Input data
***
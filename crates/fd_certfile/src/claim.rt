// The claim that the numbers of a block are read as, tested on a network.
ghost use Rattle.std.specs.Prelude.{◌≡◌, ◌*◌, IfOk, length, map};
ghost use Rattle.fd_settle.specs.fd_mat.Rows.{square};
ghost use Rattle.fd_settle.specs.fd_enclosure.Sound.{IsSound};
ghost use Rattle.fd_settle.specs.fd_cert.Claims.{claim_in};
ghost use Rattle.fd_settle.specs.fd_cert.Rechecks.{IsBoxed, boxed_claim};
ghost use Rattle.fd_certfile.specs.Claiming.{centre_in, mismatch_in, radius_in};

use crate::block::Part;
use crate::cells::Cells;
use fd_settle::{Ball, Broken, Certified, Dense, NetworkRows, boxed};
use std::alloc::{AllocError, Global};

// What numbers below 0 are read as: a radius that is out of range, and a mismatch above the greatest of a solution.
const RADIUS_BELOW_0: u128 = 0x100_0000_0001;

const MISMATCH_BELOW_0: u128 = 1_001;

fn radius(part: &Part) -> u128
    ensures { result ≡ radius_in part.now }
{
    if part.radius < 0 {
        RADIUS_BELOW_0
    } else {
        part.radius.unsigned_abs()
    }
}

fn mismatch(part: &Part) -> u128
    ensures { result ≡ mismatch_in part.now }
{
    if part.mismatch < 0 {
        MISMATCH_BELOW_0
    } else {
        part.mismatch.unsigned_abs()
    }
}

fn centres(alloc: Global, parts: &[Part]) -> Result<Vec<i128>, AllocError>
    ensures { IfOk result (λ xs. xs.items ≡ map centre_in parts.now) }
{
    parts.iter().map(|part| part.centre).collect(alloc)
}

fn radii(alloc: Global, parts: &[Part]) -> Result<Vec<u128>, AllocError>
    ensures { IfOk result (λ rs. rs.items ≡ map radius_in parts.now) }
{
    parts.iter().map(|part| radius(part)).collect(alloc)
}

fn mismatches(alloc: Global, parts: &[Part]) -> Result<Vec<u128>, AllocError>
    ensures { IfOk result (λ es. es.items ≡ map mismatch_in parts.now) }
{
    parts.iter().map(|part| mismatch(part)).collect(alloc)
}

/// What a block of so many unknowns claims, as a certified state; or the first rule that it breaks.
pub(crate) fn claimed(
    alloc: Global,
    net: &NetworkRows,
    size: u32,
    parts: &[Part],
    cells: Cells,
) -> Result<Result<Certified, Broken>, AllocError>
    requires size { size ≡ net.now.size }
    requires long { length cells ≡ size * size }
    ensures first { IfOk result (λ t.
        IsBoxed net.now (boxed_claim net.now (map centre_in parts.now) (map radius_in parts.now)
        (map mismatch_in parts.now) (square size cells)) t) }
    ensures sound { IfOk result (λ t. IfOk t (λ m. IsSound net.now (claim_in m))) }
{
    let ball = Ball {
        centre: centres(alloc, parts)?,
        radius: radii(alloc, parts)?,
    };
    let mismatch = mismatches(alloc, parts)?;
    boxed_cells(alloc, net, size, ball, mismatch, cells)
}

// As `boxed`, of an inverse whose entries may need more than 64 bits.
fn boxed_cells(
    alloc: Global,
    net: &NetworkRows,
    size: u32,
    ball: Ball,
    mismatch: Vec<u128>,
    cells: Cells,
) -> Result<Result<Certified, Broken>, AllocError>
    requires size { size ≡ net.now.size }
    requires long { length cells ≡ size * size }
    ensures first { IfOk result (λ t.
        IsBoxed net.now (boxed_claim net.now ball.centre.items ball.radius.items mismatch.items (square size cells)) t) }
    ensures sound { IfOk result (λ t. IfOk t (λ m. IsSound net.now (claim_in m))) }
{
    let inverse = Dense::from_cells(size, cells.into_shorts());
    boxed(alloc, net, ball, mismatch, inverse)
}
***
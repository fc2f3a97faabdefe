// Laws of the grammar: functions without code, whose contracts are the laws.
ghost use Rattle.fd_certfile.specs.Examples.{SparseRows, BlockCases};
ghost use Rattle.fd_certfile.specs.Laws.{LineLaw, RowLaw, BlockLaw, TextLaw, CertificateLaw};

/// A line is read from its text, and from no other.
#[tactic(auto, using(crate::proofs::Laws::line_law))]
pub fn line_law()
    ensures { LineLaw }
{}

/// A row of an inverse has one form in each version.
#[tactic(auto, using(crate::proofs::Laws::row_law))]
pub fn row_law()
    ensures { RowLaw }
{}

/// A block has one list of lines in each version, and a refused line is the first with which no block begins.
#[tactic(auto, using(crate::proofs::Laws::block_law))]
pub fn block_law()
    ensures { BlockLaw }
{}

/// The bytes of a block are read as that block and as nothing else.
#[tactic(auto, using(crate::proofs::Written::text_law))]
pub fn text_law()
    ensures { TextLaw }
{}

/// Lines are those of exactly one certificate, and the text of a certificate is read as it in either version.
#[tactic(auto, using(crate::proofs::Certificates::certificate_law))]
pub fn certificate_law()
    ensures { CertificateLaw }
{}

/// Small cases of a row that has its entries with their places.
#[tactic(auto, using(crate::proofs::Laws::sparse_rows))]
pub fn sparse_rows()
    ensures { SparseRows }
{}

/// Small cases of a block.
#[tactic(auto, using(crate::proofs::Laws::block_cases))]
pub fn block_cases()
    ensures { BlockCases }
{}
***
What to do
When a line above contains the string "items", copy that line.

Reply to the exercise
    ensures { IfOk result (λ xs. xs.items ≡ map centre_in parts.now) }
    ensures { IfOk result (λ rs. rs.items ≡ map radius_in parts.now) }
    ensures { IfOk result (λ es. es.items ≡ map mismatch_in parts.now) }
        IsBoxed net.now (boxed_claim net.now ball.centre.items ball.radius.items mismatch.items (square size cells)) t) }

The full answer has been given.